[Collected data entries]
//! The bodies of the packets: keys, user IDs and signatures, octet by octet as in specs/Bodies.antt. `keys` and
//! `certification` put them into packets.
ghost use Rattle.std.specs.Prelude.{◌≡◌, ◌+◌, ◌<◌, ◌≤◌, ◌^◌, true, [], ◌∷◌, length, vec_len, IfOk};
ghost use Rattle.wot_key.specs.Key.{is_readable};
ghost use Rattle.wot_random.specs.Bodies.{hashed_area, key_body_with, signature_over};
ghost use Rattle.wot_random.specs.Bodies.{signature_body as signature_of, user_id as user_id_of};
ghost use Rattle.wot_types.specs.Fpr.{octets_in, version_of};

use std::alloc::Global;
use wot_types::{Fpr, Memory, UserId};

/// The body of a version 4 key that was created then, with four words as its key material.
#[tactic(auto, using(crate::proofs::Shapes::key_is_readable), unfolding(crate::specs::Bodies::key_body))]
pub fn key_body(alloc: Global, made: u32, material: [u64; 4]) -> Result<Vec<u8>, Memory>
    ensures body { IfOk result (λ body. body.items ≡ key_body_with made material) }
    ensures readable { IfOk result (λ body. is_readable body.items ≡ true) }
    ensures size { IfOk result (λ body. vec_len body ≡ 38) }
{
    let [a, b, c, d] = material;
    let mut body = Vec::new(alloc);
    body.push(4)?;
    body.extend_from_slice(&made.to_be_bytes())?;
    body.push(27)?;
    body.extend_from_slice(&a.to_be_bytes())?;
    body.extend_from_slice(&b.to_be_bytes())?;
    body.extend_from_slice(&c.to_be_bytes())?;
    body.extend_from_slice(&d.to_be_bytes())?;
    Ok(body)
}

/// The user ID of an index.
pub fn user_id(alloc: Global, index: u32) -> Result<UserId, Memory>
    ensures uid { IfOk result (λ uid. uid ≡ user_id_of index) }
    ensures short { IfOk result (λ uid. length uid < 2 ^ 32) }
{
    let text = format!(in alloc; "user {index} <u{index}@example.org>")?;
    UserId::new(alloc, text.as_bytes())
}

/// The length, the type and the version before an issuer fingerprint.
fn before_issuer(issuer: &Fpr) -> [u8; 3]
    ensures head { result ≡ (octets_in issuer.now + 2) ∷ 33 ∷ version_of issuer.now ∷ [] }
    ensures most { octets_in issuer.now ≤ 32 }
{
    match issuer {
        Fpr::V4(_) => [22, 33, 4],
        Fpr::V6(_) => [34, 33, 6],
    }
}

#[tactic(auto, unfolding(crate::specs::Bodies::hashed_area))]
fn area(alloc: Global, made: u32, issuer: &Fpr, extra: &[u8]) -> Result<Vec<u8>, Memory>
    requires { length extra.now ≤ 4 }
    ensures area { IfOk result (λ area. area.items ≡ hashed_area made issuer.now extra.now) }
    ensures size { IfOk result (λ area. vec_len area ≤ 45) }
{
    let mut area = Vec::new(alloc);
    area.extend_from_slice(&[5, 2])?;
    area.extend_from_slice(&made.to_be_bytes())?;
    area.extend_from_slice(&before_issuer(issuer))?;
    area.extend_from_slice(issuer.octets())?;
    area.extend_from_slice(extra)?;
    Ok(area)
}

#[tactic(auto, unfolding(crate::specs::Bodies::signature_over))]
fn over(alloc: Global, kind: u8, area: &[u8]) -> Result<Vec<u8>, Memory>
    requires { length area.now ≤ 45 }
    ensures body { IfOk result (λ body. body.items ≡ signature_over kind area.now) }
    ensures size { IfOk result (λ body. vec_len body ≤ 55) }
{
    let mut body = Vec::new(alloc);
    body.extend_from_slice(&[4, kind, 27, 8])?;
    body.extend_from_slice(&(area.len() as u16).to_be_bytes())?;
    body.extend_from_slice(area)?;
    body.extend_from_slice(&[0, 0, 0, 0])?;
    Ok(body)
}

/// The body of a version 4 signature of this type: when it was created, by whom, and these subpackets.
pub fn signature_body(
    alloc: Global,
    kind: u8,
    made: u32,
    issuer: &Fpr,
    extra: &[u8],
) -> Result<Vec<u8>, Memory>
    requires { length extra.now ≤ 4 }
    ensures body { IfOk result (λ body. body.items ≡ signature_of kind made issuer.now extra.now) }
    ensures size { IfOk result (λ body. vec_len body ≤ 55) }
{
    let area = area(alloc, made, issuer, extra)?;
    over(alloc, kind, &area)
}
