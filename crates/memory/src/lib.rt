// The memory that the test program lends to the calls: registers, counts and records by value, and how many of them are lent.
#![tactic(auto)]

ghost use Rattle.std.specs.Prelude.{◌≡◌};
ghost use Rattle.memory.specs.Memories.{sevens, untouched};

use owned::{Lent, Owned};
use text::Refused;
use thread::Thread;

#[derive(Clone, Copy)]
pub struct Memory {
    pub state: Owned,
    pub lent: Lent,
}

// A checksum: the sum of what came, and the sum of these sums.
#[derive(Clone, Copy, Default)]
struct Checksum {
    tail: u64,
    total: u64,
}

// A record with every number 7.
fn filler() -> Thread
    ensures { result ≡ sevens }
{
    Thread {
        start: 7,
        end: 7,
        place: 7,
        height: 7,
        cells: [7; 64],
        begin: 7,
        base: 7,
        over: 7,
        reads: 7,
        readlog: [7; 64],
        readcounts: [7; 64],
        writes: 7,
        writelog: [7; 64],
        rule: 7,
        backs: 7,
    }
}

// Every register -7, every count and every number of a record 7; 64 registers, 64 counts and 16 records are lent.
pub fn filled() -> Memory
    ensures { result ≡ untouched }
{
    Memory {
        state: Owned {
            registers: [-7; 65],
            counts: [7; 65],
            threads: [filler(); 17],
        },
        lent: Lent {
            registers: 64,
            counts: 64,
            records: 16,
        },
    }
}

impl Checksum {
    // One number more.
    fn add(&mut self, n: u64) {
        self.tail = self.tail.wrapping_add(n);
        self.total = self.total.wrapping_add(self.tail);
    }

    // Numbers of 32 bits, each as one of 64 in two's complement.
    fn add_all<T: Copy + Into<i64>>(&mut self, numbers: &[T]) {
        for n in numbers {
            let wide: i64 = (*n).into();
            self.add(wide.cast_unsigned());
        }
    }

    // The numbers of a record: first those that are no arrays.
    fn add_thread(&mut self, t: &Thread) {
        for n in [t.start, t.end, t.place, t.height, t.begin, t.base, t.over] {
            self.add(n as u64);
        }
        for n in [t.reads, t.writes, t.rule as u64, t.backs as u64] {
            self.add(n);
        }
        self.add_all(&t.cells);
        self.add_all(&t.readlog);
        self.add_all(&t.readcounts);
        self.add_all(&t.writelog);
    }
}

// A checksum over all registers, all counts and all records.
fn sum(state: &Owned) -> u64 {
    let mut checksum = Checksum::default();
    checksum.add_all(&state.registers);
    checksum.add_all(&state.counts);
    for t in &state.threads {
        checksum.add_thread(t);
    }
    checksum.total
}

// Whether two records have the same numbers. `Thread` is what C sees, and has no `==` of its own.
fn same_thread(a: &Thread, b: &Thread) -> bool {
    let sizes = |t: &Thread| [
        t.start, t.end, t.place, t.height, t.begin, t.base, t.over, t.rule, t.backs,
    ];
    sizes(a) == sizes(b)
        && (a.reads, a.writes) == (b.reads, b.writes)
        && a.cells == b.cells
        && a.readlog == b.readlog
        && a.readcounts == b.readcounts
        && a.writelog == b.writelog
}

// Whether all registers, all counts and all records have the same numbers.
pub fn same(a: &Owned, b: &Owned) -> bool {
    a.registers == b.registers
        && a.counts == b.counts
        && a.threads
            .iter()
            .zip(&b.threads)
            .all(|(s, t)| same_thread(s, t))
}

// ---- changes that a text asks for

// The number that the text spells, as it is without its sign.
fn magnitude(text: &[u8]) -> Option<u64> {
    text::parse_number(text).map(|n| n.value)
}

impl Memory {
    // `thread T start V`, or `thread T cell I V`; none where that is malformed.
    fn change_thread(&mut self, words: &[u8]) -> Option<()> {
        let i = text::size(text::part(words, b' ', 2), 16)?;
        let t = &mut self.state.threads[i];
        let first = text::part(words, b' ', 4);
        let second = text::part(words, b' ', 5);
        match text::part(words, b' ', 3) {
            b"start" => t.start = magnitude(first)? as usize,
            b"end" => t.end = magnitude(first)? as usize,
            b"place" => t.place = magnitude(first)? as usize,
            b"height" => t.height = magnitude(first)? as usize,
            b"begin" => t.begin = magnitude(first)? as usize,
            b"base" => t.base = magnitude(first)? as usize,
            b"over" => t.over = magnitude(first)? as usize,
            b"reads" => t.reads = magnitude(first)?,
            b"writes" => t.writes = magnitude(first)?,
            b"rule" => t.rule = magnitude(first)? as usize,
            b"backs" => t.backs = magnitude(first)? as usize,
            b"cell" => t.cells[text::size(first, 63)?] = text::parse_number(second)?.signed(),
            b"readlog" => t.readlog[text::size(first, 63)?] = text::parse_number(second)?.signed(),
            b"readcount" => t.readcounts[text::size(first, 63)?] = text::parse_number(
                second,
            )?.unsigned(),
            b"writelog" => t.writelog[text::size(first, 63)?] = text::parse_number(
                second,
            )?.signed(),
            _ => return None,
        }
        Some(())
    }

    // One change, its words standing behind a space: `records N`, `registers N`, `counts N`, `register R V`, `count R N`, or of a thread; none where that is
    // malformed. A change of the code leaves the memory as it is, and so does what is no word.
    fn change(&mut self, words: &[u8]) -> Option<()> {
        let first = text::part(words, b' ', 2);
        let second = text::part(words, b' ', 3);
        match text::part(words, b' ', 1) {
            b"code" => {}
            b"records" => self.lent.records = text::size(first, 17)?,
            b"registers" => self.lent.registers = text::size(first, 65)?,
            b"counts" => self.lent.counts = text::size(first, 65)?,
            b"register" => self.state.registers[text::size(first, 64)?] = text::parse_number(
                second,
            )?.signed(),
            b"count" => self.state.counts[text::size(first, 64)?] = text::parse_number(
                second,
            )?.unsigned(),
            b"thread" => return self.change_thread(words),
            name if text::is_word(name) => return None,
            _ => {}
        }
        Some(())
    }

    // The memory with all changes of a text, commas standing between them; none where one is malformed.
    pub fn with_all(mut self, changes: &[u8]) -> Option<Memory> {
        for words in changes.split(|byte| *byte == b',') {
            self.change(words)?;
        }
        Some(self)
    }
}

// ---- what is written

// Writes a record that is a thread's: done, with its result, or open, its last rule and its send-backs.
fn write_thread(t: &Thread, i: usize) {
    if t.start == 0 {
        return;
    }
    text::write_number(b", thread ", i);
    if t.place == t.end {
        text::write_signed(b" done ", t.cells[0]);
    } else {
        text::write(b" open");
    }
    text::write_number(b" rule ", t.rule);
    text::write_number(b" backs ", t.backs);
}

// Writes the counts of the table's 64 registers that are not 0: how often commits have written each.
pub fn write_table_counts(counts: &[u32; 65]) {
    for (i, n) in counts[..64].iter().enumerate() {
        if *n != 0 {
            text::write_number(b", count ", i);
            text::write_number(b" ", *n as usize);
        }
    }
}

// Writes the threads, registers and counts of a state, and the checksum of all the memory.
pub fn write_state(state: &Owned) {
    for (i, t) in state.threads[..16].iter().enumerate() {
        write_thread(t, i);
    }
    for (i, v) in state.registers[..64].iter().enumerate() {
        if *v != 0 {
            text::write_number(b", register ", i);
            text::write_signed(b" ", *v);
        }
    }
    write_table_counts(&state.counts);
    text::write_number(b", sum ", sum(state) as usize);
}

// Writes a refusal, and whether the memory is as it was.
pub fn write_refused(refused: Refused, before: &Owned, after: &Owned) {
    text::write_refusal(refused);
    text::write_kept(same(before, after));
}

• [TASK DESCRIPTION]
From the records above, pick out and copy each line holding the word "start".

• [WRITTEN RESPONSE]
        start: 7,
        for n in [t.start, t.end, t.place, t.height, t.begin, t.base, t.over] {
        t.start, t.end, t.place, t.height, t.begin, t.base, t.over, t.rule, t.backs,
    // `thread T start V`, or `thread T cell I V`; none where that is malformed.
            b"start" => t.start = magnitude(first)? as usize,
    if t.start == 0 {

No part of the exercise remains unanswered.